MY EXPERIMENT'S CONCLUSION
so why does the GHE method work? I have a couple reasons why. but remember I, and generally no one in our healthy hair journey community, is a professional scientist. what we tell you are educated guesses from our own research and logic. the educated explanations I list might all be true, only one or two might hit the mark, or the reason might be something completely different. but I'm sure it's at least one of these reasons. 

increased sebum flow helps length retention. this might be a factor, but is differently not the prime suspect. to say that the GHE method only helps retain length is to say that I, and all the other girls that doubled or tripled their growth rate doing it, has an average growth rate of 1 or 2 inches a month.  this is very very unlikely. the average growth rate is 1/2 an inch a month and my normal growth rate is 1/2 an inch every 5 weeks. and what makes this even more unlikely is that it suggests that when I don't do the GHE method I'm only retaining 1/4 of my normal growth rate. with the zero to minimum breakage I usually get, that's impossible. 
heated environment increases blood circulation. this is a more likely reason for the increased growth rate. our scalp is the most difficult place for our natural blood circulation because the blood has to move upwards, to the top floor.  remember our follicles, not our hair, are alive. a good blood circulation means our follicles are receiving their proper nutrients, proper nutrients equal healthy follicles, and healthy follicles equals a good hair harvest.
sebum has a naturally low ph, resulting in a healthier scalp conditions. our sebum has a natural ph of 4.5-5.5, pretty much the same ph as our hair. (remember oils don't have ph. sebum is oily, but it contains water.) keeping your scalp at a low ph keeps it healthy and protects our scalp from bacteria and fungus.
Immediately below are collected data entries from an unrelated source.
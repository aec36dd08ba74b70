//! Both units' meters, and the measurements that begin at their times (eCPRI 2.0, section 3.2.4.6).
//!
//! The contracts speak of the lists that the boxes stand for: the measurements that have still to begin (`Begin`), and what each unit has
//! of delay measurement (`Doings`). What a document has to do with them is not said here.
#![tactic(auto)]

mod meters;

pub use meters::Meters;
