// A frame of a list.
use fh_base::Ticks;

/// A listed frame: its time in ticks, and its place in the list, counted from 0.
#[derive(Clone, Copy, Debug, PartialEq, Eq)]
pub struct Landing {
    pub at: Ticks,
    pub index: usize,
}
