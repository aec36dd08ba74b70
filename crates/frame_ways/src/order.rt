// Deliver lines that are in the order of the numbers of their frames.
ghost use Rattle.std.specs.Prelude.{◌≡◌, ◌<◌, ◌≤◌, true, length};
ghost use Rattle.std.specs.List.{slice_index_or};
ghost use Rattle.std.specs.List.Sorted.{IsNonDecreasingBy, IsPartitionPoint};
ghost use Rattle.std.specs.Option.{option_copied};
ghost use Rattle.fh_document.specs.declared.delivered.Delivery.{Delivery};
ghost use Rattle.fh_document.specs.Delivered.{frame_number};
ghost use Rattle.frame_ways.specs.Copies.{line_of};

use air_source::Side;
use fh_base::List;
use fh_document::{Delivery, TrafficClass, frame_number};

/// The number of the frame that a line speaks of.
pub(crate) fn number_of(line: &Delivery) -> u64
    ensures { result ≡ frame_number line.now }
{
    frame_number(line.side, line.class, line.k)
}

/// The number of the frame that the line at a place speaks of.
fn number_at(deliveries: &List<Delivery>, at: usize) -> u64
    requires { at < length deliveries.now }
    ensures { (d : Delivery) → result ≡ frame_number (slice_index_or deliveries.now at d) }
{
    match deliveries.get(at) {
        Some(line) => number_of(line),
        None => 0,
    }
}

/// Whether no line speaks of a frame with a lower number than one before it.
pub(crate) fn are_in_order(deliveries: &List<Delivery>) -> bool
    ensures { result ≡ true → IsNonDecreasingBy frame_number deliveries.now }
{
    let mut last: u64 = 0;
    for at in 0..deliveries.len() {
        let number = number_at(deliveries, at);
        if number < last {
            return false;
        }
        last = number;
    }
    true
}

/// How many of lines in order have lower numbers than this.
fn place_for(deliveries: &List<Delivery>, number: u64) -> usize
    requires { IsNonDecreasingBy frame_number deliveries.now }
    ensures { IsPartitionPoint (λ d. frame_number d < number) (λ d. number ≤ frame_number d) deliveries.now result }
{
    let mut low: usize = 0;
    let mut high = deliveries.len();
    'halving: while low < high {
        let middle = low + (high - low) / 2;
        if number_at(deliveries, middle) < number {
            low = middle + 1;
        } else {
            high = middle;
        }
    }
    low
}

/// The first of lines in order that speaks of a frame.
pub(crate) fn line_in_order(
    deliveries: &List<Delivery>,
    side: Side,
    class: TrafficClass,
    k: u32,
) -> Option<&Delivery>
    requires { IsNonDecreasingBy frame_number deliveries.now }
    ensures { option_copied result ≡ line_of deliveries.now side class k }
{
    let number = frame_number(side, class, k);
    let line = deliveries.get(place_for(deliveries, number))?;
    if number_of(line) == number {
        Some(line)
    } else {
        None
    }
}
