//! Laws: generations of fragments are messages, and each message becomes complete once, also where sequence ids are used again.
//!
//! There are no functions: a law is stated in `specs/` and proved as a lemma in `proofs/`.
#![tactic(auto)]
I'm not sure, however, if it destroys the same type of fungus that grows in our sebum and minimizes our growth rate (this is how applying sulfur/oil mixes increase growth rate, it destroys these type of bacteria).
steaming removes toxins. though currently it's debated whether this is true. but if true, just like when we sweat the rest of our body supposedly detoxifies, the same would go for our scalp. a healthy clean scalp and healthy conditioned hair equals growth. sweating cleanses, but then the sweat/sebum stays there on top the scalp unless we wash it off.  during my growth exams I might try cleaning my scalp after and see if there's a change in results. though if I see an increase in growth rate, it might be because I'm unclogging my pores.